Try this, there was something wrong in the second substr function:

nawk '
NR=FNR{a[substr($0,1,11)];next}
substr($0,21,11) in a{print}
' file2 file1

Regards

Hi,

I am still not able to get any matching rows when using 'nawk'. :confused:
Please help me to solve this! Also please let me know to debug this.

>cat file1
gsfgfgfgfgfgfgfgfgfg12345678901fgfgfgfgfgfgfgffgfgfsgfdg
gsfgfgfgfgfgfgfgfgfg12345678901fgfgfgfgfgfgfgffgfgfsgfdg
gsfgfgfgfgfgfgfgfgfg34578910204fgfgfgffgfgfggffgfgfsgfdg

>cat file2
12345678901
98765432101

Below script isn't returning any rows =>

>nawk '
> NR=FNR{a[substr($0,1,11)];next}
> substr($0,21,11) in a{print}
> ' file2 file1

Thanks

Oh my, I must be accurater:

awk '
NR==FNR{a[substr($0,1,11)];next}
substr($0,21,11) in a{print}
' file2 file1

Regards

Thanks a lot!!! :b:
That works fine.... I need some tips on debugging these, plz send me :slight_smile:

awk '
NR==FNR{a[substr($0,1,11)];next}    # Create an array of the key (position 1-11) in file2
substr($0,21,11) in a{print}        # If position 21-31 of file1 exist in array print the record
' file2 file1

This link gives an explanation how to deal with errors in awk:

Debugging (sed & awk, Second Edition)

Regards

Another point of cleverness to note is "NR==FNR" which is true while processing the first line on the command line.

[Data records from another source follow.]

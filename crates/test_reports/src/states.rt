// Reports of what searches of states found, byte for byte.
use crate::explained::{NO_TABLE, is_framed, of_no_table};
use core_reader::read_module;
use report_explained::write_explained_report;
use report_text::{Visited, write_report};
use std::alloc::Global;
use std::test::Fail;
use test_support::{MemorySink, same};
use tree_excuses::Excuses;
use tree_findings::{Cause, Extent, Findings, Outcome};
use tree_schedules::Delivery;

const NO_TABLE_REPORTED: &str =
    "depth 9, states 3, complete\nerror 1: P ends {'badarg',[]}\n  P P\nrefusal 1: P request 1 ets:lookup('t','a') -> badarg (2 NoTable)\n  P\nerrors 1, refusals 1\nresult: errors\n";

const NO_TABLE_EXPLAINED: &str =
    "depth 9, states 3, complete, cut 0\nerror 1: P ends {'badarg',[]}\n  P P\n    1 P ets:lookup('t','a') -> badarg (2 NoTable)\n    2 P ends {'badarg',[]}\nrefusal 1: P request 1 ets:lookup('t','a') -> badarg (2 NoTable)\n  P\n    1 P ets:lookup('t','a') -> badarg (2 NoTable)\nerrors 1, refusals 1\nresult: errors, all schedules\n";

// States, with signals delivered at any time, or at once.
fn at_any_time(whole_to: u64) -> Visited {
    Visited::States {
        delivery: Delivery::AnyTime,
        whole_to,
    }
}

fn at_once(whole_to: u64) -> Visited {
    Visited::States {
        delivery: Delivery::AtOnce,
        whole_to,
    }
}

// So many states were visited, and nothing was found.
fn of_states(alloc: Global, nodes: u64, cut: u64) -> Outcome {
    Outcome::Complete(Findings::new(alloc), Extent { nodes, cut })
}

// The search stopped, and nothing was found by then.
fn stopped(alloc: Global, cause: Cause) -> Outcome {
    Outcome::Incomplete(cause, Findings::new(alloc))
}

// Checks that the report is this one, in one write or in many, where nothing is excused.
fn reports(alloc: Global, visited: Visited, outcome: &Outcome, report: &str) -> Result<(), Fail> {
    let none = Excuses::none(alloc);
    for piece in [1, 1000] {
        let mut sink = MemorySink::in_pieces(alloc, 1000, piece)?;
        write_report(&mut sink, visited, 9, &none, outcome)?;
        same(sink.bytes.as_slice(), report.as_bytes())?;
    }
    Ok(())
}

#[test]
fn counts_the_states(rt: HostRuntime) -> Result<(), Fail> {
    let alloc = rt.alloc();
    let states = at_any_time(9);
    let report = "depth 9, states 12, complete\nerrors 0, refusals 0\nresult: clean\n";
    reports(alloc, states, &of_states(alloc, 12, 0), report)?;
    reports(alloc, states, &of_states(alloc, 12, 3), report)?;
    reports(alloc, states, &of_no_table(alloc)?, NO_TABLE_REPORTED)
}

// The same outcomes of the tree are told as they were.
#[test]
fn counts_the_nodes(rt: HostRuntime) -> Result<(), Fail> {
    let alloc = rt.alloc();
    let report = "depth 9, nodes 12, complete\nerrors 0, refusals 0\nresult: clean\n";
    reports(alloc, Visited::Nodes, &of_states(alloc, 12, 3), report)?;
    let limited = stopped(alloc, Cause::NodeLimit);
    let report = "depth 9, incomplete: node limit\nerrors 0, refusals 0\nresult: incomplete\n";
    reports(alloc, Visited::Nodes, &limited, report)
}

#[test]
fn tells_to_which_depth_all_schedules_were_followed(rt: HostRuntime) -> Result<(), Fail> {
    let alloc = rt.alloc();
    let limited = stopped(alloc, Cause::NodeLimit);
    let report =
        "depth 9, incomplete: state limit; all schedules to depth 5\nerrors 0, refusals 0\nresult: incomplete\n";
    reports(alloc, at_any_time(5), &limited, report)?;
    let exhausted = stopped(alloc, Cause::Memory);
    let report =
        "depth 9, incomplete: memory; all schedules to depth 0\nerrors 0, refusals 0\nresult: incomplete\n";
    reports(alloc, at_any_time(0), &exhausted, report)
}

#[test]
fn tells_of_prompt_schedules(rt: HostRuntime) -> Result<(), Fail> {
    let alloc = rt.alloc();
    let whole = of_states(alloc, 12, 3);
    let report = "depth 9, states 12, complete\nerrors 0, refusals 0\nresult: clean\n";
    reports(alloc, at_once(9), &whole, report)?;
    let limited = stopped(alloc, Cause::NodeLimit);
    let report =
        "depth 9, incomplete: state limit; all prompt schedules to depth 5\nerrors 0, refusals 0\nresult: incomplete\n";
    reports(alloc, at_once(5), &limited, report)?;
    let exhausted = stopped(alloc, Cause::Memory);
    let report =
        "depth 9, incomplete: memory; all prompt schedules to depth 0\nerrors 0, refusals 0\nresult: incomplete\n";
    reports(alloc, at_once(0), &exhausted, report)
}

#[test]
fn explained_lines_tell_of_states(rt: HostRuntime) -> Result<(), Fail> {
    let alloc = rt.alloc();
    let states = at_any_time(5);
    let whole = of_states(alloc, 12, 0);
    let first = "depth 9, states 12, complete, cut 0\n";
    is_framed(
        alloc,
        states,
        &whole,
        first,
        "result: clean, all schedules\n",
    )?;
    let cut = of_states(alloc, 12, 3);
    let first = "depth 9, states 12, complete, cut 3\n";
    is_framed(alloc, states, &cut, first, "result: clean to depth 9\n")?;
    let limited = stopped(alloc, Cause::NodeLimit);
    let first = "depth 9, incomplete: state limit; all schedules to depth 5\n";
    is_framed(alloc, states, &limited, first, "result: incomplete\n")?;
    let exhausted = stopped(alloc, Cause::Memory);
    let first = "depth 9, incomplete: memory; all schedules to depth 5\n";
    is_framed(alloc, states, &exhausted, first, "result: incomplete\n")
}

#[test]
fn explained_lines_tell_of_prompt_schedules(rt: HostRuntime) -> Result<(), Fail> {
    let alloc = rt.alloc();
    let whole = of_states(alloc, 12, 0);
    let first = "depth 9, states 12, complete, cut 0\n";
    is_framed(
        alloc,
        at_once(9),
        &whole,
        first,
        "result: clean, all prompt schedules\n",
    )?;
    let failing = of_no_table(alloc)?;
    let first = "depth 9, states 3, complete, cut 0\n";
    is_framed(
        alloc,
        at_once(9),
        &failing,
        first,
        "result: errors, all prompt schedules\n",
    )?;
    let cut = of_states(alloc, 12, 3);
    let first = "depth 9, states 12, complete, cut 3\n";
    is_framed(alloc, at_once(9), &cut, first, "result: clean to depth 9\n")?;
    let limited = stopped(alloc, Cause::NodeLimit);
    let first = "depth 9, incomplete: state limit; all prompt schedules to depth 5\n";
    is_framed(alloc, at_once(5), &limited, first, "result: incomplete\n")
}

#[test]
fn explains_what_states_show(rt: HostRuntime) -> Result<(), Fail> {
    let alloc = rt.alloc();
    let program = read_module(alloc, NO_TABLE.as_bytes())?;
    let states = at_any_time(9);
    let none = Excuses::none(alloc);
    let outcome = of_no_table(alloc)?;
    let mut sink = MemorySink::in_pieces(alloc, 1000, 1)?;
    match write_explained_report(alloc, &program, states, 9, &none, &outcome, &mut sink) {
        Ok(()) => same(sink.bytes.as_slice(), NO_TABLE_EXPLAINED.as_bytes()),
        Err(_) => Err(Fail::from("it is not written to its end")),
    }
}
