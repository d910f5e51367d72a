// Explained reports, byte for byte: their first and last lines, and whole ones.
use crate::transcript::pid;
use core_reader::read_module;
use core_tree::CallKind;
use report_explained::{ExplainFault, write_explained_report};
use report_text::{Visited, write_explained_first_line, write_explained_last_line};
use std::alloc::{AllocError, Global};
use std::sync::Arc;
use std::test::Fail;
use term_core::{Pid, Step, Term, Terms, read_schedule};
use test_support::{MemorySink, holds, same};
use tree_excuses::Excuses;
use tree_findings::{Cause, Extent, Findings, Outcome};
use world_identities::{Flags, Identity};
use world_model::rule::Rule;

// A process reads a table that does not exist, and ends so.
pub(super) const NO_TABLE: &str =
    "module 'm' ['main'/0] attributes [] 'main'/0 = fun () -> call 'ets':'lookup'('t','a') end";

const NO_TABLE_EXPLAINED: &str =
    "depth 2, nodes 3, complete, cut 0\nerror 1: P ends {'badarg',[]}\n  P P\n    1 P ets:lookup('t','a') -> badarg (2 NoTable)\n    2 P ends {'badarg',[]}\nrefusal 1: P request 1 ets:lookup('t','a') -> badarg (2 NoTable)\n  P\n    1 P ets:lookup('t','a') -> badarg (2 NoTable)\nerrors 1, refusals 1\nresult: errors, all schedules\n";

// A process sends itself three messages, takes the second, and waits for one that never comes; another waits for any.
pub(super) const WAITS: &str =
    "module 'm' ['main'/0,'c'/0] attributes [] 'main'/0 = fun () -> let <Me> = call 'erlang':'self'() in do call 'erlang':'spawn'('m','c',[]) do call 'erlang':'!'(Me,'a') do call 'erlang':'!'(Me,'z') do call 'erlang':'!'(Me,{'b',1}) do receive <'z'> when 'true' -> 'z' after 'infinity' -> 'x' receive <'y'> when 'true' -> 'y' after 'infinity' -> 'x' 'c'/0 = fun () -> receive <X> when 'true' -> X after 'infinity' -> 'x' end";

const WAITS_EXPLAINED: &str =
    "depth 9, nodes 6, complete, cut 0\nerror 1: deadlock of P P.1\n  P P P P P\n    1 P erlang:spawn('m','c',[]) -> P.1\n    2 P erlang:!(P,'a') -> 'a'\n    3 P erlang:!(P,'z') -> 'z'\n    4 P erlang:!(P,{'b',1}) -> {'b',1}\n    5 P receives 'z'\n    P waits, mailbox ['a',{'b',1}]\n    P.1 waits, mailbox []\nerrors 1, refusals 0\nresult: errors, all schedules\n";

// A process gets two messages, takes the second, and waits for one that never comes; the first process has ended.
const LEAVES: &str =
    "module 'm' ['main'/0,'c'/0] attributes [] 'main'/0 = fun () -> let <C> = call 'erlang':'spawn'('m','c',[]) in do call 'erlang':'!'(C,'a') call 'erlang':'!'(C,'z') 'c'/0 = fun () -> do receive <'z'> when 'true' -> 'z' after 'infinity' -> 'x' receive <'y'> when 'true' -> 'y' after 'infinity' -> 'x' end";

const LEAVES_EXPLAINED: &str =
    "depth 9, nodes 8, complete, cut 0\nerror 1: unread messages of P.1\n  P P P P P>P.1 P>P.1 P.1\n    1 P erlang:spawn('m','c',[]) -> P.1\n    2 P erlang:!(P.1,'a') -> 'a'\n    3 P erlang:!(P.1,'z') -> 'z'\n    4 P ends 'normal'\n    5 P>P.1 brings 'a'\n    6 P>P.1 brings 'z'\n    7 P.1 receives 'z'\n    P.1 waits, mailbox ['a']\nerrors 1, refusals 0\nresult: errors, all schedules\n";

// So many turns of the first process.
fn turns(alloc: Global, count: usize) -> Result<Vec<Step>, AllocError> {
    let mut steps = Vec::new(alloc);
    for _ in 0..count {
        steps.push(Step::Turn(pid(alloc, &[])?))?;
    }
    Ok(steps)
}

// Adds what one schedule shows. What is unread is an error too.
pub(super) fn note(
    alloc: Global,
    findings: &mut Findings,
    identity: Identity,
    schedule: &[Step],
) -> Result<(), AllocError> {
    let flags = Flags {
        allow_deadlock: false,
        strict_access: false,
        idle_servers: true,
    };
    let shown = vec![in alloc; identity]?;
    findings.note(alloc, flags, shown.as_slice(), schedule)
}

// The end of the first process with the reason `{'badarg',[]}`.
fn bad_end(alloc: Global) -> Result<Identity, AllocError> {
    let parts = vec![in alloc; Term::atom(alloc, "badarg")?, Term::Nil]?;
    Ok(Identity::End {
        pid: pid(alloc, &[])?,
        reason: Term::tuple(alloc, Terms::from_vec(parts))?,
    })
}

// The call of the first process, its first request, that is refused because the table is missing.
fn no_table(alloc: Global) -> Result<Identity, AllocError> {
    let arguments = vec![in alloc; Term::atom(alloc, "t")?, Term::atom(alloc, "a")?]?;
    Ok(Identity::Refusal {
        pid: pid(alloc, &[])?,
        request: 1,
        kind: CallKind::Lookup,
        arguments: Arc::new(alloc, Terms::from_vec(arguments))?,
        rule: Rule::NoTable,
        owner: None,
    })
}

// What is found in the module that reads a table.
pub(super) fn of_no_table(alloc: Global) -> Result<Outcome, AllocError> {
    let mut findings = Findings::new(alloc);
    let schedule = turns(alloc, 2)?;
    note(alloc, &mut findings, bad_end(alloc)?, schedule.as_slice())?;
    let schedule = turns(alloc, 1)?;
    note(alloc, &mut findings, no_table(alloc)?, schedule.as_slice())?;
    Ok(Outcome::Complete(findings, Extent { nodes: 3, cut: 0 }))
}

// What is found in the module that waits.
pub(super) fn of_waits(alloc: Global) -> Result<Outcome, AllocError> {
    let mut findings = Findings::new(alloc);
    let schedule = turns(alloc, 5)?;
    let processes: Vec<Pid> = vec![in alloc; pid(alloc, &[])?, pid(alloc, &[1])?]?;
    note(
        alloc,
        &mut findings,
        Identity::Deadlock(processes),
        schedule.as_slice(),
    )?;
    Ok(Outcome::Complete(findings, Extent { nodes: 6, cut: 0 }))
}

// What is found in the module in which a message stays.
fn of_leaves(alloc: Global) -> Result<Outcome, Fail> {
    let mut findings = Findings::new(alloc);
    let schedule = read_schedule(alloc, b"P P P P P>P.1 P>P.1 P.1")?;
    let processes: Vec<Pid> = vec![in alloc; pid(alloc, &[1])?]?;
    note(
        alloc,
        &mut findings,
        Identity::Unread(processes),
        schedule.as_slice(),
    )?;
    Ok(Outcome::Complete(findings, Extent { nodes: 8, cut: 0 }))
}

// Checks that the first and the last line are these, where nothing is excused.
pub(super) fn is_framed(
    alloc: Global,
    visited: Visited,
    outcome: &Outcome,
    first: &str,
    last: &str,
) -> Result<(), Fail> {
    let mut sink = MemorySink::in_pieces(alloc, 1000, 1)?;
    write_explained_first_line(&mut sink, visited, 9, outcome)?;
    same(sink.bytes.as_slice(), first.as_bytes())?;
    let mut sink = MemorySink::in_pieces(alloc, 1000, 1)?;
    write_explained_last_line(&mut sink, visited, 9, &Excuses::none(alloc), outcome)?;
    same(sink.bytes.as_slice(), last.as_bytes())
}

#[test]
fn tells_of_which_schedules_the_result_is(rt: HostRuntime) -> Result<(), Fail> {
    let alloc = rt.alloc();
    let whole = Outcome::Complete(Findings::new(alloc), Extent { nodes: 12, cut: 0 });
    let first = "depth 9, nodes 12, complete, cut 0\n";
    is_framed(
        alloc,
        Visited::Nodes,
        &whole,
        first,
        "result: clean, all schedules\n",
    )?;
    let cut = Outcome::Complete(Findings::new(alloc), Extent { nodes: 12, cut: 3 });
    let first = "depth 9, nodes 12, complete, cut 3\n";
    is_framed(
        alloc,
        Visited::Nodes,
        &cut,
        first,
        "result: clean to depth 9\n",
    )?;
    let limited = Outcome::Incomplete(Cause::NodeLimit, Findings::new(alloc));
    let first = "depth 9, incomplete: node limit\n";
    is_framed(
        alloc,
        Visited::Nodes,
        &limited,
        first,
        "result: incomplete\n",
    )?;
    let wanting = Outcome::Incomplete(Cause::Memory, Findings::new(alloc));
    let first = "depth 9, incomplete: memory\n";
    is_framed(
        alloc,
        Visited::Nodes,
        &wanting,
        first,
        "result: incomplete\n",
    )
}

#[test]
fn tells_of_errors_to_the_depth(rt: HostRuntime) -> Result<(), Fail> {
    let alloc = rt.alloc();
    let mut findings = Findings::new(alloc);
    let schedule = turns(alloc, 2)?;
    note(alloc, &mut findings, bad_end(alloc)?, schedule.as_slice())?;
    let cut = Outcome::Complete(findings, Extent { nodes: 3, cut: 1 });
    let first = "depth 9, nodes 3, complete, cut 1\n";
    is_framed(
        alloc,
        Visited::Nodes,
        &cut,
        first,
        "result: errors to depth 9\n",
    )
}

// Checks that the explained report is this one. Where memory ran out it has to be a beginning of it, in a sink that is
// sound.
pub(super) fn explains(
    alloc: Global,
    text: &str,
    depth: u64,
    excuses: &Excuses,
    outcome: &Outcome,
    report: &[u8],
    piece: usize,
) -> Result<(), Fail> {
    let program = read_module(alloc, text.as_bytes())?;
    let mut sink = MemorySink::in_pieces(alloc, 2000, piece)?;
    let nodes = Visited::Nodes;
    match write_explained_report(alloc, &program, nodes, depth, excuses, outcome, &mut sink) {
        Ok(()) => same(sink.bytes.as_slice(), report),
        Err(ExplainFault::Memory) => {
            let is_beginning = report.starts_with(&sink.bytes);
            holds(is_beginning && !sink.has_failed, "it is no beginning")?;
            Err(Fail::from("there is no memory"))
        }
        Err(ExplainFault::Write) => Err(Fail::from("the sink has failed")),
    }
}

#[test]
fn explains_an_error_and_a_refusal(rt: HostRuntime) -> Result<(), Fail> {
    let alloc = rt.alloc();
    let none = Excuses::none(alloc);
    let outcome = of_no_table(alloc)?;
    let report = NO_TABLE_EXPLAINED.as_bytes();
    for piece in [1, 1000] {
        explains(alloc, NO_TABLE, 2, &none, &outcome, report, piece)?;
    }
    Ok(())
}

#[test]
fn explains_a_deadlock(rt: HostRuntime) -> Result<(), Fail> {
    let alloc = rt.alloc();
    let none = Excuses::none(alloc);
    let outcome = of_waits(alloc)?;
    let report = WAITS_EXPLAINED.as_bytes();
    for piece in [1, 1000] {
        explains(alloc, WAITS, 9, &none, &outcome, report, piece)?;
    }
    Ok(())
}

#[test]
fn explains_unread_messages(rt: HostRuntime) -> Result<(), Fail> {
    let alloc = rt.alloc();
    let none = Excuses::none(alloc);
    let outcome = of_leaves(alloc)?;
    let report = LEAVES_EXPLAINED.as_bytes();
    for piece in [1, 1000] {
        explains(alloc, LEAVES, 9, &none, &outcome, report, piece)?;
    }
    Ok(())
}

// The process of a schedule ends with its second turn, and takes no third.
#[test]
fn explains_no_step_that_is_not_enabled(rt: HostRuntime) -> Result<(), Fail> {
    let alloc = rt.alloc();
    let mut findings = Findings::new(alloc);
    let schedule = turns(alloc, 4)?;
    note(alloc, &mut findings, bad_end(alloc)?, schedule.as_slice())?;
    let outcome = Outcome::Incomplete(Cause::NodeLimit, findings);
    let report =
        "depth 5, incomplete: node limit\nerror 1: P ends {'badarg',[]}\n  P P P P\n    1 P ets:lookup('t','a') -> badarg (2 NoTable)\n    2 P ends {'badarg',[]}\nerrors 1, refusals 0\nresult: incomplete\n";
    let none = Excuses::none(alloc);
    explains(alloc, NO_TABLE, 5, &none, &outcome, report.as_bytes(), 1000)
}

#[test]
fn a_sink_that_fails_got_a_beginning(rt: HostRuntime) -> Result<(), Fail> {
    let alloc = rt.alloc();
    let program = read_module(alloc, WAITS.as_bytes())?;
    let nodes = Visited::Nodes;
    let none = Excuses::none(alloc);
    let outcome = of_waits(alloc)?;
    let report = WAITS_EXPLAINED.as_bytes();
    for room in 0..report.len() {
        let mut sink = MemorySink::with_room(alloc, room)?;
        let written = write_explained_report(alloc, &program, nodes, 9, &none, &outcome, &mut sink);
        assert_eq!(rt; written, Err(ExplainFault::Write), "at {room}");
        assert_eq!(rt; sink.bytes.len(), room);
        assert!(rt; report.starts_with(&sink.bytes), "at {room}");
    }
    Ok(())
}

Both are incremented when a new line is read, but FNR gets reset to zero when the file changes, while NR grows forever. And the "next" on that line means the following line of the script doesn't get executed while the condition is true; it causes awk to read the next line and start over.

Hi,

If I want to add one more condition to the below while comparing.. can I modify as below =>

Old code

awk '
NR==FNR{a[substr($0,1,11)];next} # Create an array of the key (position 1-11) in file2
substr($0,21,11) in a{print} # If position 21-31 of file1 exist in array print the record
' file2 file1

New code

awk '
NR==FNR{a[substr($0,1,11)];next} # Create an array of the key (position 1-11) in file2
substr($0,21,11) | substr($0,41,11)in a{print} # If position (21-31) or (41 -51) of file1 exist in array print the record
' file2 file1

Many thanks in advance.

The syntax for specifying multiple conditions is a bit more explicit and cumbersome.

(substr($0,21,11) in a || substr($0,41,11) in a) { print }

Note also that the logical "or" operator is a double pipe, not single.